# [Work instructions]
Among the entries below, find the lines with the word "SPACE" and copy them.

Data excerpts
·····
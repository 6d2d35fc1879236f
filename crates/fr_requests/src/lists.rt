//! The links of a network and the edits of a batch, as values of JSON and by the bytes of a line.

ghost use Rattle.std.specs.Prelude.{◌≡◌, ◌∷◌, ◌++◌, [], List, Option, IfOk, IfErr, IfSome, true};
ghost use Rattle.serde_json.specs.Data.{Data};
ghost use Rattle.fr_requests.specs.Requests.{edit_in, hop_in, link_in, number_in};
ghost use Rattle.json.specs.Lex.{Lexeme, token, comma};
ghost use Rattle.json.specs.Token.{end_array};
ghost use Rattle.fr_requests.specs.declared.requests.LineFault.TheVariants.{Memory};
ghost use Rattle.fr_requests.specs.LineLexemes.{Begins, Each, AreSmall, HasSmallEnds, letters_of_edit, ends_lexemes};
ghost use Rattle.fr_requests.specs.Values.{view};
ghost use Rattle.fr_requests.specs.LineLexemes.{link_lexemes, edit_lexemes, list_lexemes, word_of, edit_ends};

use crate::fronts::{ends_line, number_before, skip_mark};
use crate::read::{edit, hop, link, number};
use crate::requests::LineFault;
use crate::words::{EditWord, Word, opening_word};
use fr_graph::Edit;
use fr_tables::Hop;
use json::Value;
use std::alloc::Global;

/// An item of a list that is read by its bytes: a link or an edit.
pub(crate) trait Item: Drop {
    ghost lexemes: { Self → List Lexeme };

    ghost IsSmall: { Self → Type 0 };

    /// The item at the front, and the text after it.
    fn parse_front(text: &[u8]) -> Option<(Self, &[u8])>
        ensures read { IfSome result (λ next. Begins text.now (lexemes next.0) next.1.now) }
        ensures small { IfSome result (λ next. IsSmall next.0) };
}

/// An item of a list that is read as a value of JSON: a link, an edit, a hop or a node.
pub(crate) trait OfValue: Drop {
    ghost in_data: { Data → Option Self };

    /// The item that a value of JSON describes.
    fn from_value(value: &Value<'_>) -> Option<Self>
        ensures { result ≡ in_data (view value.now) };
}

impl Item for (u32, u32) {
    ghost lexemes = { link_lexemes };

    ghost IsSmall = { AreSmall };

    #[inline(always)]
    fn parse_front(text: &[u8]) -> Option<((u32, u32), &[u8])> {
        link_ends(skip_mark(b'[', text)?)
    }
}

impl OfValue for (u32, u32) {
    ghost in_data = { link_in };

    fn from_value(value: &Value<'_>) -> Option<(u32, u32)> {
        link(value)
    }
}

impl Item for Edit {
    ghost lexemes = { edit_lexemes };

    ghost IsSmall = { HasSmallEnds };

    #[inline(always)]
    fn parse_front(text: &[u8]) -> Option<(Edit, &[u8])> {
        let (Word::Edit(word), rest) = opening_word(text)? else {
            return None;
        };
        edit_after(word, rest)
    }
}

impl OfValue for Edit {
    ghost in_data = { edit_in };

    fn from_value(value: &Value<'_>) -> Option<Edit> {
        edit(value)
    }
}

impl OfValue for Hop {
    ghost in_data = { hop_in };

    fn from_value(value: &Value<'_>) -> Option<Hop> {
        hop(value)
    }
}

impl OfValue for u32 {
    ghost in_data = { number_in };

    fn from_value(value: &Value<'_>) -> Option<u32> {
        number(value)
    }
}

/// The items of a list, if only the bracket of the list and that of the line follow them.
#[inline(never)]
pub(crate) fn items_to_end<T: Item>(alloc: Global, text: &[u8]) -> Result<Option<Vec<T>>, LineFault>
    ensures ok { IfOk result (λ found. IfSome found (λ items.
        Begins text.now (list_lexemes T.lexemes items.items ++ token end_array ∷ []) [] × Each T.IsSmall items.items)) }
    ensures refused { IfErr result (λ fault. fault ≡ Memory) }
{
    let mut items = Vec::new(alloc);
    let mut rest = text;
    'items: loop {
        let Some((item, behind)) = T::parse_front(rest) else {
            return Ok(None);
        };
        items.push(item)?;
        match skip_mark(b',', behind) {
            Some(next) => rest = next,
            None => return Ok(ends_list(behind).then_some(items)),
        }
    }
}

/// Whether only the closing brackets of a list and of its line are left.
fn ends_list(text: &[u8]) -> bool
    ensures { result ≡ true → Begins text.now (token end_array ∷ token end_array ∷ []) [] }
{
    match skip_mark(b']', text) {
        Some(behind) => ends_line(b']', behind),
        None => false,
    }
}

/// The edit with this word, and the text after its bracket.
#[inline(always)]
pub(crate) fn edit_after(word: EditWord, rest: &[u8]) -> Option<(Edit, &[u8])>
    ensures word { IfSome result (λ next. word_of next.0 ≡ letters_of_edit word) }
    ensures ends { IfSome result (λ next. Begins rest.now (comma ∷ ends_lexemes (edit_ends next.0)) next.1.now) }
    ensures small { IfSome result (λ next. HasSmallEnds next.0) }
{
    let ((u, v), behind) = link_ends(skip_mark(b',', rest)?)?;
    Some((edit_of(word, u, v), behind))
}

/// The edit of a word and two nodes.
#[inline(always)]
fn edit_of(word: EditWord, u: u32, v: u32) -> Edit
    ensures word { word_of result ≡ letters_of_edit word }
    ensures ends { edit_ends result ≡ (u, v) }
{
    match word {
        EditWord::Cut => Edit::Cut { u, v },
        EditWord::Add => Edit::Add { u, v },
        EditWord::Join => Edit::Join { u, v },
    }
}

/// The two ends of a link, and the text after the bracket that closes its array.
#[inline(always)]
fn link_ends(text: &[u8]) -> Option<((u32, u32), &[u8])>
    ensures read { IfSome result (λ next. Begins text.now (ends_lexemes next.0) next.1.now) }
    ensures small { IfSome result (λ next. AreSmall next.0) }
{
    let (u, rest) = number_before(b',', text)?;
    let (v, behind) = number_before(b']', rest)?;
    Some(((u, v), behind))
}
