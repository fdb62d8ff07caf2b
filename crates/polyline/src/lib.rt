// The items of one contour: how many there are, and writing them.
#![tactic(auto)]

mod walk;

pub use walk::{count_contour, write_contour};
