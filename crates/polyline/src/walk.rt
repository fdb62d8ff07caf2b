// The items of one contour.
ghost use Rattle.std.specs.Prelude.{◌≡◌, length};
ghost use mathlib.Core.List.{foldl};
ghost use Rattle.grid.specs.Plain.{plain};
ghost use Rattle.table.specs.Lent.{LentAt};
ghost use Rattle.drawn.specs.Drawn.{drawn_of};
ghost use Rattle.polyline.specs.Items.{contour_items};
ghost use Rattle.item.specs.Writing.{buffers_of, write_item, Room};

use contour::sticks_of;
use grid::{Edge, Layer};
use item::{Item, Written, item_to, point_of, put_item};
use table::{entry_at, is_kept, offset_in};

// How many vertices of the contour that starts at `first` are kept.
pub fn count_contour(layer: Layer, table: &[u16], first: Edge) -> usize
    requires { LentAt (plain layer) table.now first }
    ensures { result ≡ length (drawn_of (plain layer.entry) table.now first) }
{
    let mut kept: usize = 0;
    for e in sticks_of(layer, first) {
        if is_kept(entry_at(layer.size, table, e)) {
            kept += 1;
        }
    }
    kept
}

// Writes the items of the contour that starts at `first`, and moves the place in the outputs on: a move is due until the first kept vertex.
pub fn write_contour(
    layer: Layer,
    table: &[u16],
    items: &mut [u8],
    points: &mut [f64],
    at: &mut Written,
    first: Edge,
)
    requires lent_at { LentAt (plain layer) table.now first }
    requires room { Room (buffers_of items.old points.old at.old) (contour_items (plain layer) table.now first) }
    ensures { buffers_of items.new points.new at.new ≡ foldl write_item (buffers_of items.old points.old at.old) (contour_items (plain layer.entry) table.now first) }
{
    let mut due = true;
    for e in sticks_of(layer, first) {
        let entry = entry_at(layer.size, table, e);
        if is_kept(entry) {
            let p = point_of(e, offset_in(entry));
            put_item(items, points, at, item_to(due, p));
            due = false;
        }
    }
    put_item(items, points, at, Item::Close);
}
·····
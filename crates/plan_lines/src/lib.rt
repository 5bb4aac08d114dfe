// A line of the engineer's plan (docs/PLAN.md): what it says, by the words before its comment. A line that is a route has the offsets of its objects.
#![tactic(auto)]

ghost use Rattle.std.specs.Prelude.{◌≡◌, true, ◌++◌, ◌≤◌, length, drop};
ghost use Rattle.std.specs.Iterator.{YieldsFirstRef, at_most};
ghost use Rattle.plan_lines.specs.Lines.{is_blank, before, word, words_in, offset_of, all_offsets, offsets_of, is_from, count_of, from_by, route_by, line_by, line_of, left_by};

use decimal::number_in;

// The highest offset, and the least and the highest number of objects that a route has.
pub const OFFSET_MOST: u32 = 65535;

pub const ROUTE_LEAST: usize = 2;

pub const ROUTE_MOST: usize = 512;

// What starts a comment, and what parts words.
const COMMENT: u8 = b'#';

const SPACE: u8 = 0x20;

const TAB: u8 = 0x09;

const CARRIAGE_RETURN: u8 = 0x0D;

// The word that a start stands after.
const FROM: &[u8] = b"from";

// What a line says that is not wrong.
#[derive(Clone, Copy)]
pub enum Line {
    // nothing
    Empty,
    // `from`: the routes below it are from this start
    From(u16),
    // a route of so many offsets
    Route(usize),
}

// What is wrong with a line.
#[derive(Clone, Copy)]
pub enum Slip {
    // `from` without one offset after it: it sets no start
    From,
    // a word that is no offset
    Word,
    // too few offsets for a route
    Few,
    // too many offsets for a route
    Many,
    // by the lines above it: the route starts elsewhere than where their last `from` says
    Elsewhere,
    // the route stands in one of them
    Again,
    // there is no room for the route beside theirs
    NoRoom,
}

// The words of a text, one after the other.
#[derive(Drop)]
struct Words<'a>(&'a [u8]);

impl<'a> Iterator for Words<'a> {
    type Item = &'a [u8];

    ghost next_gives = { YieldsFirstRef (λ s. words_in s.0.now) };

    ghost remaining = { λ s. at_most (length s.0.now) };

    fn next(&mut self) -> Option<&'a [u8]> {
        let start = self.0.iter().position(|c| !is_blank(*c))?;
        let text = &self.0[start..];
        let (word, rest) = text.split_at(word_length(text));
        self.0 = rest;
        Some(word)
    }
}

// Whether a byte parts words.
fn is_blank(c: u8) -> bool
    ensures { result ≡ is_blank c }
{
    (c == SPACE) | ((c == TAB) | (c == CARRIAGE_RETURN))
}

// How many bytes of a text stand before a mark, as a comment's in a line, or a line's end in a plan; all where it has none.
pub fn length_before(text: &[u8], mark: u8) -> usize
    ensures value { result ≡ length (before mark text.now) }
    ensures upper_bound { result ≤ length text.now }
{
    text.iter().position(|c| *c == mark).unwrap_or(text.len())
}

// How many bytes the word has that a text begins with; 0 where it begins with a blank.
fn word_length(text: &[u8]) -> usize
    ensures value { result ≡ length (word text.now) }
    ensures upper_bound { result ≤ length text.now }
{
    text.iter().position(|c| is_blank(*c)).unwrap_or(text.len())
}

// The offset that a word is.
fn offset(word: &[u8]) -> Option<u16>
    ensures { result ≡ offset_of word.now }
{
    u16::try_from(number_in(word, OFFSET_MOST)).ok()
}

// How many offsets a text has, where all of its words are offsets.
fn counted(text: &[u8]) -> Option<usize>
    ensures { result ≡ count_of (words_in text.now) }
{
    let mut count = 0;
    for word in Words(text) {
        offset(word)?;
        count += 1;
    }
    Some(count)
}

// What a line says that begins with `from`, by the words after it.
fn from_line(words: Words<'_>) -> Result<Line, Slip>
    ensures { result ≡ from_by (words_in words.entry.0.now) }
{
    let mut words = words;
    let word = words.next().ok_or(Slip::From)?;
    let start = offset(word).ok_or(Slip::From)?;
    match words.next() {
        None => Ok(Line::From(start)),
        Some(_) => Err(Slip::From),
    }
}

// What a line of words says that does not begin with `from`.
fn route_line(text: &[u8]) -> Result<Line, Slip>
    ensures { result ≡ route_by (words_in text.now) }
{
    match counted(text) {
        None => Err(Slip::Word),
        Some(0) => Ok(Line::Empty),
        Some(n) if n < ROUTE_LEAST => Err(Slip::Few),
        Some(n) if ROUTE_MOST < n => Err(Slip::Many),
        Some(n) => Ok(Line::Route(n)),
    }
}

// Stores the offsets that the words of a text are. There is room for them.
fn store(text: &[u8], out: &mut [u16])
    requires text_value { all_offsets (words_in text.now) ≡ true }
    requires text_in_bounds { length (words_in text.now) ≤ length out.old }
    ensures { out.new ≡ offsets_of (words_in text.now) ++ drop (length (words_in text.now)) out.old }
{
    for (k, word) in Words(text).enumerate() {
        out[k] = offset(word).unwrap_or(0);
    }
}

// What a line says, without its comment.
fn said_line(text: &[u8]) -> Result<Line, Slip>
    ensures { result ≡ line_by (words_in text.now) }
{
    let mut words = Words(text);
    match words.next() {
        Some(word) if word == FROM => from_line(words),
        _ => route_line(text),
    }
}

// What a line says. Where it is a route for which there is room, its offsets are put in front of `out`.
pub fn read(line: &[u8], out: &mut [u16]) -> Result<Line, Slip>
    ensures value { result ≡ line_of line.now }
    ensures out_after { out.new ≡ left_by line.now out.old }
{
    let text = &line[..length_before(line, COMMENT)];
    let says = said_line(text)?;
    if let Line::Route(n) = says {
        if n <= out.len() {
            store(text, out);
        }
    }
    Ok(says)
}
·····
# [Exercise result]
const SPACE: u8 = 0x20;
    (c == SPACE) | ((c == TAB) | (c == CARRIAGE_RETURN))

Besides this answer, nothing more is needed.